Adhimantha differential diagnosis


SN Features Adhimantha Akshipakathyaya Sirashukla
1.          Dosha Tridosha Tridosha Tridhosha
2.          Ruja Manthanavath Peeda Theevra Ruja Toda
3.          Varna Asruk Nimagna Samchadhyate Shweta Nibha Sirashuklam Krishna Mandala
4.          Lakshanas Vanhineva Avadahyate Raga, Daha, Shotha Yukta Sa Toda Daha Tamrabhihi, Animitta Ushna Sheeta Asrik Srava
5.          Sadhya-Asadhyata Vyadana Sadhya Asadhya Asadhya




Glaucoma differential diagnosis

SN Features Acute conjunctivitis Acute iridocyclitis Closure angle glaucoma
1. Onset Gradual Gradual Gradual
2. Pain Mild discomfort Moderate Severe
3. Discharge Mucopurulent Watery Watery
4. Coloured halos May be present Absent Present
5. Media Clear Hazy due to aqueous flares, exudates Hazy due to odematous cornea
6. Pupil Normal Small and irregular Large and oval

Discussion

Adhimantha has drawn attention of ancient physicians which is evident from the fact that its description, classification, symptomology, complication and management are available in literature.

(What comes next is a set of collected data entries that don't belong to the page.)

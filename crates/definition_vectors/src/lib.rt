// Whole calls against the bits that the Rust gives for them. It has no code.
#![tactic(auto)]
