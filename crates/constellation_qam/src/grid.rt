// Grids: the levels of a part, and where they lie on the grid of whole numbers.
ghost use Rattle.std.specs.Prelude.{◌<◌, ◌≤◌};

// The levels of 16-QAM, (2 i - 3) / sqrt(10), from the lowest up.
pub const QAM16_LEVELS: [f32; 4] = [-0.94868332, -0.31622776, 0.31622776, 0.94868332];

// The levels of 64-QAM, (2 i - 7) / sqrt(42).
pub const QAM64_LEVELS: [f32; 8] = [
    -1.0801234,
    -0.77151674,
    -0.46291006,
    -0.15430336,
    0.15430336,
    0.46291006,
    0.77151674,
    1.0801234,
];

// The Gray code of each level, from the lowest up: two that are neighbours differ in one bit.
pub(crate) const GRAYS: [u32; 8] = [0, 1, 3, 2, 6, 7, 5, 4];

// M levels a part. A part v lies at v * scale + half on the grid of whole numbers: scale is the root of the mean power over 2, half is M / 2.
#[derive(Clone, Copy)]
pub(crate) struct Grid<const M: usize> {
    pub(crate) levels: [f32; M],
    pub(crate) scale: f32,
    pub(crate) half: f32,
    ghost small: { (0 < M) × (M ≤ 8) },
}

// scale is sqrt(10) / 2.
pub(crate) const QAM16: Grid<4> = Grid {
    levels: QAM16_LEVELS,
    scale: 1.5811388,
    half: 2.0,
};

// scale is sqrt(42) / 2.
pub(crate) const QAM64: Grid<8> = Grid {
    levels: QAM64_LEVELS,
    scale: 3.2403703,
    half: 4.0,
};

Abhishyanda is one of the main cause for Adhimantha if it is not treated at a proper time.

Adhimantha is said to be Vyadhana Sadhya Vyadhi whereas Hataadhimantha is said to be Asadhya.

Glaucoma is a group of disorders characterized by progressive optic neuropathy resulting in a characteristic appearance of the optic disc and a specific pattern of irreversible visual field defects.

Glaucoma is one such condition which mainly affects quality of life of a human being. Various medicines and surgical procedures are mentioned in this condition, so it’s necessary to treat glaucoma at early stage and prevent the prognosis and complications.

Conclusion

The explanation of the disease along with its symptomology has brought out the fact that the disease Adhimantha has similarity with glaucoma in its clinical presentation. It is one of the clinically defined conditions of the eye where in at least two symptoms need to be looked for. The clinical presentation of the disease is based on the symptoms like blurring of vision, pain in the eyes, headache, raised intra-ocular pressure, optic disc cupping and visual field changes. Glaucoma is a devasting disease that affects millions of people worldwide and it is one of the second most leading cause of blindness, early diagnosis and treatment can prevent vision loss from the disease. Individuals with pre-disposing factors such as Heredity,


Myopia, Diabetes should be evaluated periodically. The thorough understanding of Nidana, Samprapthi and Dosha involvement play a very important role in adopting appropriate treatment modalities.